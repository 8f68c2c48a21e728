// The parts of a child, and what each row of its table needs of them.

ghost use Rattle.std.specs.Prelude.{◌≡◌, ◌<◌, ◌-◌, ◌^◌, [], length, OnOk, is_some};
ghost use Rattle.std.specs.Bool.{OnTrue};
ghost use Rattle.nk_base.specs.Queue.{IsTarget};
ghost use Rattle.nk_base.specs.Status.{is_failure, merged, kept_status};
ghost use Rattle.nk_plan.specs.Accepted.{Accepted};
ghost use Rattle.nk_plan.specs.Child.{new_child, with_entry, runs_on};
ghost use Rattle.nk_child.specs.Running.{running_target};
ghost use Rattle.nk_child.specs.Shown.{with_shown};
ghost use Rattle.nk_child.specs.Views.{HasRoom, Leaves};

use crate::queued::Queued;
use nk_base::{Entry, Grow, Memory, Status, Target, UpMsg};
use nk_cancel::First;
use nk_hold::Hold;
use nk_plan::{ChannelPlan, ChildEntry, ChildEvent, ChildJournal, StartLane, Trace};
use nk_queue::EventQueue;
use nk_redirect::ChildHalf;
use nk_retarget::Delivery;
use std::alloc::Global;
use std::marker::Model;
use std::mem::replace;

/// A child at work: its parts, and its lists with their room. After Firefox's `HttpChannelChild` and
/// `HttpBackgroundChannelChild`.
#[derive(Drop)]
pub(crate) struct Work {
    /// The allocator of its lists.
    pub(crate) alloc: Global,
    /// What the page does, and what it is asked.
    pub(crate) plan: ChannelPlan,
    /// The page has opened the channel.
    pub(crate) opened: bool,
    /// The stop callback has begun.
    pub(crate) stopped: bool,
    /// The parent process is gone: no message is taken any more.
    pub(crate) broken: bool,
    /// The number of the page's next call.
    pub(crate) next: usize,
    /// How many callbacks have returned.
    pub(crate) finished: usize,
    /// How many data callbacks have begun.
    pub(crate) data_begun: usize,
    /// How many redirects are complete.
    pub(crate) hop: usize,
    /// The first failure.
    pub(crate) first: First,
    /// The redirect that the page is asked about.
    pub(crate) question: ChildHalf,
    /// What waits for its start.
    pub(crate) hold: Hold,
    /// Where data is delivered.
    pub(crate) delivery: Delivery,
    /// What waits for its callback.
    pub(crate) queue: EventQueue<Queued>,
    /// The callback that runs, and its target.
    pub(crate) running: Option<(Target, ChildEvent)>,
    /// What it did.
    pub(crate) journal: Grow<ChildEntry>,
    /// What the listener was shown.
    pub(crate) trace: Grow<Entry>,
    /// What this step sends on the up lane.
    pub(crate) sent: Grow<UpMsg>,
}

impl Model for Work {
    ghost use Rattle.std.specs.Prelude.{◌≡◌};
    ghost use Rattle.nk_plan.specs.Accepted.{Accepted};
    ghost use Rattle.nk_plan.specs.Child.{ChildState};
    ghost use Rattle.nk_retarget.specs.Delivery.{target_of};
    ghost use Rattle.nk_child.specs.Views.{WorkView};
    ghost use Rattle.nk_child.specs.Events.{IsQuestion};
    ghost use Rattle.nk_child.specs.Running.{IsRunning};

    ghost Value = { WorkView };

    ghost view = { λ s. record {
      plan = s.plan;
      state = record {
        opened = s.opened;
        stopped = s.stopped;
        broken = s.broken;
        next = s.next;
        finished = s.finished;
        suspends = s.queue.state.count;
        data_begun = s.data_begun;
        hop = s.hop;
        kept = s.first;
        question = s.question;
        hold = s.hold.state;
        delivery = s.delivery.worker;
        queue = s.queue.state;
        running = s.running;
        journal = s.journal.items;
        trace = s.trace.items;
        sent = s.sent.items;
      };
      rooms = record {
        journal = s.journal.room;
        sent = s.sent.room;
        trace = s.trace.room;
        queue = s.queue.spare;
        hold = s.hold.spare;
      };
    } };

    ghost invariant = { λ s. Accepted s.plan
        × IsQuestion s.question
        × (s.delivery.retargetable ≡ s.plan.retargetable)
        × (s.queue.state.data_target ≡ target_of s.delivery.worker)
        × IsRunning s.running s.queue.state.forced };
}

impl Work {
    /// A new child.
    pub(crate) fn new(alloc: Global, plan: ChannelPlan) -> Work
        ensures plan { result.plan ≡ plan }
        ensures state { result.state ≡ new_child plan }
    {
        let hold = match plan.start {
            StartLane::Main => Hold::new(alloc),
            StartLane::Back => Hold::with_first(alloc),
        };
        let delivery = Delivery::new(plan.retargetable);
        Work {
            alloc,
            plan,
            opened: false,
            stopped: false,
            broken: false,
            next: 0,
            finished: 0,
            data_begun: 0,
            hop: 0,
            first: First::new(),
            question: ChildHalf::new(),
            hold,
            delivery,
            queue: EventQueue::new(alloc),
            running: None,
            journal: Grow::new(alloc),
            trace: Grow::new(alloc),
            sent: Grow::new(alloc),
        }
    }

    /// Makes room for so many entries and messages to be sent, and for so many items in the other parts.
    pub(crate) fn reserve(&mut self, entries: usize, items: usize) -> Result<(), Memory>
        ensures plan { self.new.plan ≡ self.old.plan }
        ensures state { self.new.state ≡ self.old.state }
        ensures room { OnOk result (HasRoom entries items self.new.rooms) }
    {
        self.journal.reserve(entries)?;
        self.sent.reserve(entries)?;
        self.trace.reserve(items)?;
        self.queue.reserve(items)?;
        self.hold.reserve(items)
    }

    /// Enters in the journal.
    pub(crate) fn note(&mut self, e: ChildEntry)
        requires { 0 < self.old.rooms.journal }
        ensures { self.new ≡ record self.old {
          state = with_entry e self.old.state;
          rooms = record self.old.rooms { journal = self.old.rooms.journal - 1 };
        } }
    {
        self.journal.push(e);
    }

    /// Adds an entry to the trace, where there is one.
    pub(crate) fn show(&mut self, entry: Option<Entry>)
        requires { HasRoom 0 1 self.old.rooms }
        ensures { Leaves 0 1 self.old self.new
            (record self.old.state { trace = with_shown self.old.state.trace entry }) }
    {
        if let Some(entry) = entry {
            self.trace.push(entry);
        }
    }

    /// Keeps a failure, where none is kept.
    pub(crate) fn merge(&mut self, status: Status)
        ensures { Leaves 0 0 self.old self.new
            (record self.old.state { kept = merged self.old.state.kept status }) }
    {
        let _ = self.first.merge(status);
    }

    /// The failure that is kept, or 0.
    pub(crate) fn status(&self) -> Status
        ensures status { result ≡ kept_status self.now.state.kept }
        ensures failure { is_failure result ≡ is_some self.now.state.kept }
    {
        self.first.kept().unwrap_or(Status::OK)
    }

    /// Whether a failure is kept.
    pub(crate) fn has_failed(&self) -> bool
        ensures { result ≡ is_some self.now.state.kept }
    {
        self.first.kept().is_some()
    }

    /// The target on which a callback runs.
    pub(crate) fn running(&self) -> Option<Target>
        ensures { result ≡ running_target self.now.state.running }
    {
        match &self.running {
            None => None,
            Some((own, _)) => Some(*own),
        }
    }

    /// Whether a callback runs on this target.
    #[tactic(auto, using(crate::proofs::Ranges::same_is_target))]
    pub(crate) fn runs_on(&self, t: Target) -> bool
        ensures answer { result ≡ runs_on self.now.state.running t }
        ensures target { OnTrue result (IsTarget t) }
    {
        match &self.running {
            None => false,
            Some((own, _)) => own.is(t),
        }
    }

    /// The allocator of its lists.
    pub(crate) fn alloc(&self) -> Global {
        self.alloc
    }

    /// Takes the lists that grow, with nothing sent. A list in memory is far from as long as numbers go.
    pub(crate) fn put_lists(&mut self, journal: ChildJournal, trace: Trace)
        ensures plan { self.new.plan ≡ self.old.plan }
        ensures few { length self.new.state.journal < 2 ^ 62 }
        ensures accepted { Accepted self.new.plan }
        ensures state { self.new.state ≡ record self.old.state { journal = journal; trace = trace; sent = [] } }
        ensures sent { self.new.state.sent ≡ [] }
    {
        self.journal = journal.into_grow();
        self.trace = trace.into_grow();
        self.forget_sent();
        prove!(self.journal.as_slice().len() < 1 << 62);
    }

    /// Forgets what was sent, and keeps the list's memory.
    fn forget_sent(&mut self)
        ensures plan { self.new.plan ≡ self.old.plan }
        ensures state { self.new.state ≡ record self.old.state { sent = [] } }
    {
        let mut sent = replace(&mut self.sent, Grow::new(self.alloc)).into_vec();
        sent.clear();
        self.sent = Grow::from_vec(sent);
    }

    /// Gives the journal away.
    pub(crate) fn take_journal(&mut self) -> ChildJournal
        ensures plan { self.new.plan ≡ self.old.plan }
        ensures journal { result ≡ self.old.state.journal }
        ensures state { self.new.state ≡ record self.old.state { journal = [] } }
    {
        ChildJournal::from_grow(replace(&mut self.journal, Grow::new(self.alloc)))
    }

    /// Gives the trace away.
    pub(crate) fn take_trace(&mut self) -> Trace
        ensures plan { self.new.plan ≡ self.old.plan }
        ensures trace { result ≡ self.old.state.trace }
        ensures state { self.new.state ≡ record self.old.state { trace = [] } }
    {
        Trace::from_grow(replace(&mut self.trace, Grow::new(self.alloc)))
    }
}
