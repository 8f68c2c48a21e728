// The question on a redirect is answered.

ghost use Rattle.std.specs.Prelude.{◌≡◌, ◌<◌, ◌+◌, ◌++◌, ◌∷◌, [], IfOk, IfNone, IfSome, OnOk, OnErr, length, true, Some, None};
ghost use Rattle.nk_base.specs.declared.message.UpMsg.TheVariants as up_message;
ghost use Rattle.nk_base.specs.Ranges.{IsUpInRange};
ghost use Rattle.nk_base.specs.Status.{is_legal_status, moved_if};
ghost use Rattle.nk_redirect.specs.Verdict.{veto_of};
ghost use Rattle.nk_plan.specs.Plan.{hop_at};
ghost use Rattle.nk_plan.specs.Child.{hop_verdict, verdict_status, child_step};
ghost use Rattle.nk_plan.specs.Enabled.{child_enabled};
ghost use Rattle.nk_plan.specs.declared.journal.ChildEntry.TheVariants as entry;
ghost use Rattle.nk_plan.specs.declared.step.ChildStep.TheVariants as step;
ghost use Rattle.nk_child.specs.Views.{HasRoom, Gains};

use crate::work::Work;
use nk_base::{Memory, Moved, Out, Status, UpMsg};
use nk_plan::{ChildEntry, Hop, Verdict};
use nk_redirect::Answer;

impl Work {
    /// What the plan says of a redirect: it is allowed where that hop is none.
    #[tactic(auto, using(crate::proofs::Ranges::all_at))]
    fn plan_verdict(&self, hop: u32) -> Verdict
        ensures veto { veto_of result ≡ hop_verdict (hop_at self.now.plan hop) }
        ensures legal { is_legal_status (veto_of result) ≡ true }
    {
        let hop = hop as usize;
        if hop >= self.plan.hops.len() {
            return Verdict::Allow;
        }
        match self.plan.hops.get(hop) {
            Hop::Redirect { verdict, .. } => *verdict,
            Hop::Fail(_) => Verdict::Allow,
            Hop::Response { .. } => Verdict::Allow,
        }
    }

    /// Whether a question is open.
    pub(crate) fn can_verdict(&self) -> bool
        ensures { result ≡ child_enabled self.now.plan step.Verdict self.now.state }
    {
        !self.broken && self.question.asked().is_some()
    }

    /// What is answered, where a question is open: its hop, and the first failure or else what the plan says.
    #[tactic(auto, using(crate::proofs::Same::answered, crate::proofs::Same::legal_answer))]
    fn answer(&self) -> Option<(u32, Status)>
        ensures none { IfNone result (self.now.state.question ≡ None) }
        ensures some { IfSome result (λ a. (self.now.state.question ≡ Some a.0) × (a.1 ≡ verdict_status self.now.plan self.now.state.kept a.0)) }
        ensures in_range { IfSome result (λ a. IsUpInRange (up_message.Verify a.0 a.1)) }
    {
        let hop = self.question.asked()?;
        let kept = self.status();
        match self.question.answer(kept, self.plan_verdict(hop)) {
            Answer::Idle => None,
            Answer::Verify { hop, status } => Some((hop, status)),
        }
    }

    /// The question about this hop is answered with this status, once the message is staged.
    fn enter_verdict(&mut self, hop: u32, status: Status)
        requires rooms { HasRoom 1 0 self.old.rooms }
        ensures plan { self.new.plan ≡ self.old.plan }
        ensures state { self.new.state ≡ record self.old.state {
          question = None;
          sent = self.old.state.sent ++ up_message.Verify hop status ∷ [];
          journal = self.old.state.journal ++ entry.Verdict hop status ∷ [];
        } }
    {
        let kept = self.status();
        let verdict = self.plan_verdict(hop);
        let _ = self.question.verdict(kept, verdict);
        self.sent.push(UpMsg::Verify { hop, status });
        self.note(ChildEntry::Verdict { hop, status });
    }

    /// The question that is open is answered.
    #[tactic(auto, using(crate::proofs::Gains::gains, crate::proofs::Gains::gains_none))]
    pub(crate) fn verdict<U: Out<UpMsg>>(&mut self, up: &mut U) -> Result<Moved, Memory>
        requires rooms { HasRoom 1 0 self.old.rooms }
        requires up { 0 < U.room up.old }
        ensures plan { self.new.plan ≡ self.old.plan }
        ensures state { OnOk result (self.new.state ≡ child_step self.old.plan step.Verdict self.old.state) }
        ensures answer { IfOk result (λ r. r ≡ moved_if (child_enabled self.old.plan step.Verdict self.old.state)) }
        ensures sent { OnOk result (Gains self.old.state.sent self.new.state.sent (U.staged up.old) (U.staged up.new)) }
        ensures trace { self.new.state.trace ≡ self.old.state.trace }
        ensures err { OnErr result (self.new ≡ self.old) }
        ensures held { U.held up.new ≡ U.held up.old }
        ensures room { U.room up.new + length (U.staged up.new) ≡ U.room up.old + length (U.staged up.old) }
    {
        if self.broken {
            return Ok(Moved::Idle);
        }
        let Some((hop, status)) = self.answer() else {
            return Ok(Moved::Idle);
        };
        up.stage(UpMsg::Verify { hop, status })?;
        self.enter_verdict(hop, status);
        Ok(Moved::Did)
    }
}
......
▶ [What to work on] Copy out every line of the material above that contains the string "items".

▶ [Your response]
        journal = s.journal.items;
        trace = s.trace.items;
        sent = s.sent.items;
    /// Makes room for so many entries and messages to be sent, and for so many items in the other parts.
    pub(crate) fn reserve(&mut self, entries: usize, items: usize) -> Result<(), Memory>
        ensures room { OnOk result (HasRoom entries items self.new.rooms) }
        self.trace.reserve(items)?;
        self.queue.reserve(items)?;
        self.hold.reserve(items)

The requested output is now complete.